Les souvenirs du nazisme, et les échos sataniques ou sadomasochistes qui en demeurent aujourd’hui, hantent les toiles de Deroubaix. De larges gueules de monstres dentus menacent des corps de femmes dominatrices et objectivées, des carcasses animées exhibent leurs entrailles et prononcent un «Yeah!» ironique, des croix gammées ponctuent avec provocation ces œuvres apocalyptiques.

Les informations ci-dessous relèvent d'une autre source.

//! The walk of a region for one viewer, over a pool of frames and the paused walk: a subtree that a frame still holds
//! isn't read again. The answer is the one that a walk without frames gives.
#![tactic(auto)]

mod frames;
mod walk;

pub use walk::framed;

Passée cette forme de provocation par les signes, inhérente au mouvement punk ou au grindcore (musique hardcore très brutale) dont se réclame l’artiste, le spectateur sera surpris par la délicatesse avec laquelle il traite l’aquarelle, la finesse de ses gravures et la qualité de son dessin. Les œuvres de Damien Deroubaix gagnent en force par leur qualité technique, indispensable à soutenir de tels propos.

Damien Deroubaix
— Love Sucks, 2007.
— World Eater, 2007.
— World Downfall, 2007.
— The Caco-Daemon, 2007.
— Join Us, 2007.
— Sans titre, 2007.
— Babylon, 2007.
— Neindorfer, 2007.
— Extreme Agression, 2007.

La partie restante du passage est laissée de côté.